- [Directions]: Write out, word for word, the part of the listing below that opens with the line containing "link's device failed." and closes with the line containing "use Rattle.mb_node.specs.declared.stops.ServeStop.TheVariants as", keeping both of those lines and adding no others.

- [Data for the task]:
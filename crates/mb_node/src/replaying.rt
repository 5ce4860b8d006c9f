//! The steps of events that a journal kept, taken again.

ghost use Rattle.std.specs.Prelude.{◌≡◌, ◌∷◌, [], false, reverse, IfOk, OnOk};
ghost use Rattle.mb_model.specs.Histories.{Identity, History};
ghost use Rattle.mb_steps.specs.Arises.{IsWhole};
ghost use Rattle.mb_core.specs.Represents.{Represents, IsAtRest};
ghost use Rattle.mb_replica.specs.Represents.{Serves};
ghost use Rattle.mb_node.specs.Replaying.{IsReplayed};

use crate::entries::entry_of;
use crate::turn::step_of;
use mb_base::NoMemory;
use mb_core::Replica;
use mb_msg::Event;
use mb_sched::Entry;
use mb_service::Service;
use std::alloc::Global;

/// Takes the steps of events at a host, and sends nothing. The answer has the entry of each event.
pub fn replay<V: Service + Drop>(
    alloc: Global,
    replica: &mut Replica<V>,
    events: Vec<Event>,
) -> Result<Vec<Entry>, NoMemory>
    requires runs { replica.old.halted ≡ false }
    requires rests { IsAtRest V.machine replica.old }
    ensures replays { (me : Identity V) (d : History) → Serves V.machine me → Represents me replica.old d → IsWhole d
        → IfOk result (λ entries. IsReplayed me d (reverse events.items) entries.items replica.new) }
    ensures runs { OnOk result (replica.new.halted ≡ false) }
    ensures rests { OnOk result (IsAtRest V.machine replica.new) }
{
    let mut entries = Vec::with_capacity(alloc, events.len())?;
    for event in events {
        let entry = replay_one(alloc, replica, event)?;
        entries.push(entry)?;
    }
    Ok(entries)
}

/// Takes the step of one event.
fn replay_one<V: Service + Drop>(
    alloc: Global,
    replica: &mut Replica<V>,
    event: Event,
) -> Result<Entry, NoMemory>
    requires runs { replica.old.halted ≡ false }
    requires rests { IsAtRest V.machine replica.old }
    ensures replays { (me : Identity V) (d : History) → Serves V.machine me → Represents me replica.old d → IsWhole d
        → IfOk result (λ entry. IsReplayed me d (event ∷ []) (entry ∷ []) replica.new) }
    ensures runs { OnOk result (replica.new.halted ≡ false) }
    ensures rests { OnOk result (IsAtRest V.machine replica.new) }
{
    let step = step_of(alloc, replica, &event)?;
    Ok(entry_of(event, step.sent.as_slice()))
}
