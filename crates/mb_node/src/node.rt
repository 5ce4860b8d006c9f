//! A node between two receives, and one receive of it with what follows.

ghost use Rattle.std.specs.Prelude.{◌≡◌, ◌≤◌, ◌<◌, ◌+◌, ◌-◌, ◌^◌, false, [], IfOk, IfErr, IfSome, OnOk, IsErrOf};
ghost use Rattle.mb_base.specs.Shapes.{host_count};
ghost use Rattle.mb_core.specs.Represents.{IsAtRest};
ghost use Rattle.mb_node.specs.Inboxes.{HasReceived};
ghost use Rattle.mb_edge.specs.Faults.{TellsFaults};
ghost use Rattle.mb_node.specs.Rounds.{RoundsOver, event_of};
ghost use Rattle.mb_node.specs.Patience.{standing, fresh, is_spent};
ghost use Rattle.mb_node.specs.Keeping.{RoundsKept};
ghost use Rattle.mb_node.specs.Receiving.{ArrivalFits};
ghost use Rattle.mb_journal.specs.Files.{EventFits};
ghost use Rattle.mb_node.specs.Stops.{IsOfDisk};
ghost use Rattle.mb_model.specs.Histories.{Identity, History};
ghost use Rattle.mb_core.specs.Represents.{Represents};

use crate::keeping::keep;
use crate::outbox::Outbox;
use crate::patience::{Patience, Standing};
use crate::receiving::{Arrival, Receiver};
use crate::stops::ServeStop;
use crate::turn::take_turn;
use mb_base::{Host, NoMemory, Shape, View};
use mb_core::Replica;
use mb_edge::{Disk, Link, Sink};
use mb_journal::Journal;
use mb_msg::Event;
use mb_service::Service;
use std::alloc::Global;

/// What a node keeps between two receives, beside the host.
#[derive(Drop)]
pub(crate) struct Node {
    receiver: Receiver,
    outbox: Outbox,
    patience: Patience,
}

impl Node {
    /// That of a host which stands in this view. Nothing was received and sent yet.
    pub(crate) fn make(
        alloc: Global,
        shape: Shape,
        host: Host,
        view: View,
    ) -> Result<Node, NoMemory>
        ensures inbox { IfOk result (λ node. HasReceived shape [] node.receiver.inbox) }
        ensures outbox { IfOk result (λ node. node.outbox ≡ record { host = host; hosts = host_count shape; number = 0 }) }
        ensures patience { IfOk result (λ node. node.patience ≡ fresh view) }
    {
        Ok(Node {
            receiver: Receiver::make(alloc, shape)?,
            outbox: Outbox {
                host,
                hosts: shape.n(),
                number: 0,
            },
            patience: Patience::new(view),
        })
    }

    /// One receive, and the event that it is. Whether that was a right STOP.
    pub(crate) fn round<V: Service + Drop, K: Sink, L: Link>(
        &mut self,
        alloc: Global,
        replica: &mut Replica<V>,
        link: &mut L,
        out: &mut K,
    ) -> Result<bool, ServeStop>
        requires few { self.old.patience.quiets < 2 ^ 64 - 1 }
        requires runs { replica.old.halted ≡ false }
        requires rests { IsAtRest V.machine replica.old }
        ensures rounds { RoundsOver V.machine self.old self.new replica.old replica.new (L.seen link.old) (L.seen link.new) (K.seen out.old) (K.seen out.new) result }
        ensures alone { IfErr result (λ s. ¬ IsOfDisk s) }
        ensures few { self.new.patience.quiets ≤ self.old.patience.quiets + 1 }
        ensures runs { OnOk result (replica.new.halted ≡ false) }
        ensures rests { replica.new.halted ≡ false → IsAtRest V.machine replica.new }
        ensures opens { (L.seen link.new).opens ≡ (L.seen link.old).opens }
        ensures link { TellsFaults (L.never_fails link.old) (L.never_fails link.new) (L.seen link.old).faults (L.seen link.new).faults (IsErrOf result ServeStop.LinkFault) }
        ensures sink { TellsFaults (K.never_fails out.old) (K.never_fails out.new) (K.seen out.old).faults (K.seen out.new).faults (IsErrOf result ServeStop.SinkFault) }
    {
        let arrival = self.receiver.receive(alloc, link)?;
        let Some(event) = self.event_of(replica, arrival) else {
            return Ok(false);
        };
        let turn = take_turn(alloc, replica, link, out, &mut self.outbox, event)?;
        self.patience = self.patience.behind(turn.shown);
        Ok(turn.stops)
    }

    /// One receive, whose event is kept in a journal before its step. Whether that was a right STOP.
    pub(crate) fn kept_round<V: Service + Drop, K: Sink, L: Link, D: Disk>(
        &mut self,
        alloc: Global,
        replica: &mut Replica<V>,
        journal: &mut Journal,
        disk: &mut D,
        link: &mut L,
        out: &mut K,
    ) -> Result<bool, ServeStop>
        requires few { self.old.patience.quiets < 2 ^ 64 - 1 }
        requires runs { replica.old.halted ≡ false }
        requires rests { IsAtRest V.machine replica.old }
        requires keeps { journal.old.halted ≡ false }
        ensures rounds { RoundsKept V.machine self.old self.new replica.old replica.new journal.old journal.new (D.seen disk.old) (D.seen disk.new) (L.seen link.old) (L.seen link.new) (K.seen out.old) (K.seen out.new) result }
        ensures few { self.new.patience.quiets ≤ self.old.patience.quiets + 1 }
        ensures runs { OnOk result (replica.new.halted ≡ false) }
        ensures rests { replica.new.halted ≡ false → IsAtRest V.machine replica.new }
        ensures keeps { OnOk result (journal.new.halted ≡ false) }
        ensures opens { (L.seen link.new).opens ≡ (L.seen link.old).opens }
        ensures link { TellsFaults (L.never_fails link.old) (L.never_fails link.new) (L.seen link.old).faults (L.seen link.new).faults (IsErrOf result ServeStop.LinkFault) }
        ensures sink { TellsFaults (K.never_fails out.old) (K.never_fails out.new) (K.seen out.old).faults (K.seen out.new).faults (IsErrOf result ServeStop.SinkFault) }
        ensures disk { TellsFaults (D.never_fails disk.old) (D.never_fails disk.new) (D.seen disk.old).faults (D.seen disk.new).faults (IsErrOf result ServeStop.DiskFault) }
    {
        let arrived = self.receiver.receive(alloc, link)?;
        let Some(event) = self.event_of(replica, arrived) else {
            return Ok(false);
        };
        keep(journal, disk, &event)?;
        let turn = take_turn(alloc, replica, link, out, &mut self.outbox, event)?;
        self.patience = self.patience.behind(turn.shown);
        Ok(turn.stops)
    }

    /// The event of what arrived.
    fn event_of<V: Service + Drop>(&self, replica: &Replica<V>, arrival: Arrival) -> Option<Event>
        ensures event { (me : Identity V) (d : History) → Represents me replica.now d → result ≡ event_of (is_spent (standing me d) self.now.patience) arrival }
        ensures fits { ArrivalFits arrival → IfSome result EventFits }
    {
        match arrival {
            Arrival::Message(message) => Some(Event::Given(message)),
            Arrival::Nothing => None,
            Arrival::Quiet if self.patience.is_spent(&Standing::of(replica)) => {
                Some(Event::Patience)
            }
            Arrival::Quiet => Some(Event::Nudge),
        }
    }
}
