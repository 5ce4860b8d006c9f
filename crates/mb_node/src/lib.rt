//! A host at work, and its work done again from its record.
//!
//! A node receives datagrams. One reassembler for each sender puts them together, and each whole message is an event of the host, as is each
//! receive that was quiet. Behind each step two lines of the record are written, and then what the host sends goes out, cut into datagrams.
//! A STOP with a right tag ends it.
//!
//! | Files | Have | Their definitions |
//! |---|---|---|
//! | `inbox`, `receiving` | which messages datagrams make whole | `specs/Receives`, `Inboxes`, `Receiving` |
//! | `entries` | the lines of the record | `specs/Recording` |
//! | `outbox` | messages as datagrams to their peers | `specs/Sends`, `Messages` |
//! | `patience` | how many quiets a host bears | `specs/Patience`, `Events` |
//! | `turn` | one event | `specs/Turns` |
//! | `keeping` | one event in a journal, before its step | `specs/Keeping` |
//! | `node` | one receive, and which event it is | `specs/Events`, `Rounds` |
//! | `serving` | all receives | `specs/Serving` |
//! | `replaying` | the events that a journal had, before the first receive | `specs/Replaying` |
//! | `retracing` | a record against the host's own steps | `specs/Retracing` |
//! | `stops` | why serving ended | `specs/Stops` |
//!
//! What is promised of all receives speaks of the history that a host stands for, whichever it is: the events are those of the receives that the
//! link tells, none left out; the record has an entry for each; what was sent are the pieces of what the host sends. Where serving ends on the
//! way, the last event is cut off, and all before it are whole. With a journal the host takes the step of an event only once it is kept. Whatever a crash
//! leaves of the file, at whatever moment, says each event that was acknowledged until then; one in whose append the crash fell is there as a whole or not.
#![tactic(auto)]

mod entries;
mod inbox;
mod keeping;
mod node;
mod outbox;
mod patience;
mod receiving;
mod replaying;
mod retracing;
mod serving;
mod stops;
mod turn;

pub use replaying::replay;
pub use retracing::{RetraceStop, retrace};
pub use serving::{serve, serve_kept};
pub use stops::ServeStop;
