//! Why a node stopped.

ghost use Rattle.std.specs.Prelude.{◌≡◌};

use mb_base::NoMemory;
use mb_edge::{Failed, WriteStop};

/// Why serving ended with no STOP.
#[derive(Clone, Copy, Debug, PartialEq, Eq, thiserror::Error)]
pub enum ServeStop {
    /// The link's device failed.
    #[error("the link failed")]
    LinkFault,
    /// The sink's device failed.
    #[error("the record could not be written")]
    SinkFault,
    /// The disk's device failed.
    #[error("the disk failed")]
    DiskFault,
    /// So many receives were made, and none brought a STOP.
    #[error("{events} receives and no STOP")]
    Budget {
        /// How many receives were made.
        events: u64,
    },
    /// The journal would become longer than it may. The end of its records is told.
    #[error("the journal ends at {length} and has no room for the next event")]
    Full {
        /// Where its records end, in bytes from the beginning of the file.
        length: u64,
    },
    /// Memory ran out.
    #[error("out of memory")]
    NoMemory,
}

impl From<NoMemory> for ServeStop {
    ghost use Rattle.mb_node.specs.declared.stops.ServeStop.TheVariants as stop;

    ghost from_gives = { λ _ e. e ≡ stop.NoMemory };

    fn from(_e: NoMemory) -> ServeStop {
        ServeStop::NoMemory
    }
}

/// Of a link's call.
impl From<Failed> for ServeStop {
    ghost use Rattle.mb_node.specs.Stops.{link_stop};

    ghost from_gives = { λ failed e. e ≡ link_stop failed };

    fn from(failed: Failed) -> ServeStop {
        match failed {
            Failed::Device => ServeStop::LinkFault,
            Failed::NoMemory => ServeStop::NoMemory,
        }
    }
}

/// Of writing to a sink.
impl From<WriteStop> for ServeStop {
    ghost use Rattle.mb_node.specs.Stops.{sink_stop};

    ghost from_gives = { λ stop e. e ≡ sink_stop stop };

    fn from(stop: WriteStop) -> ServeStop {
        match stop {
            WriteStop::Fault => ServeStop::SinkFault,
            WriteStop::NoMemory => ServeStop::NoMemory,
        }
    }
}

- [Problem solution]:
    /// The link's device failed.
    #[error("the link failed")]
    LinkFault,
    /// The sink's device failed.
    #[error("the record could not be written")]
    SinkFault,
    /// The disk's device failed.
    #[error("the disk failed")]
    DiskFault,
    /// So many receives were made, and none brought a STOP.
    #[error("{events} receives and no STOP")]
    Budget {
        /// How many receives were made.
        events: u64,
    },
    /// The journal would become longer than it may. The end of its records is told.
    #[error("the journal ends at {length} and has no room for the next event")]
    Full {
        /// Where its records end, in bytes from the beginning of the file.
        length: u64,
    },
    /// Memory ran out.
    #[error("out of memory")]
    NoMemory,
}

impl From<NoMemory> for ServeStop {
    ghost use Rattle.mb_node.specs.declared.stops.ServeStop.TheVariants as stop;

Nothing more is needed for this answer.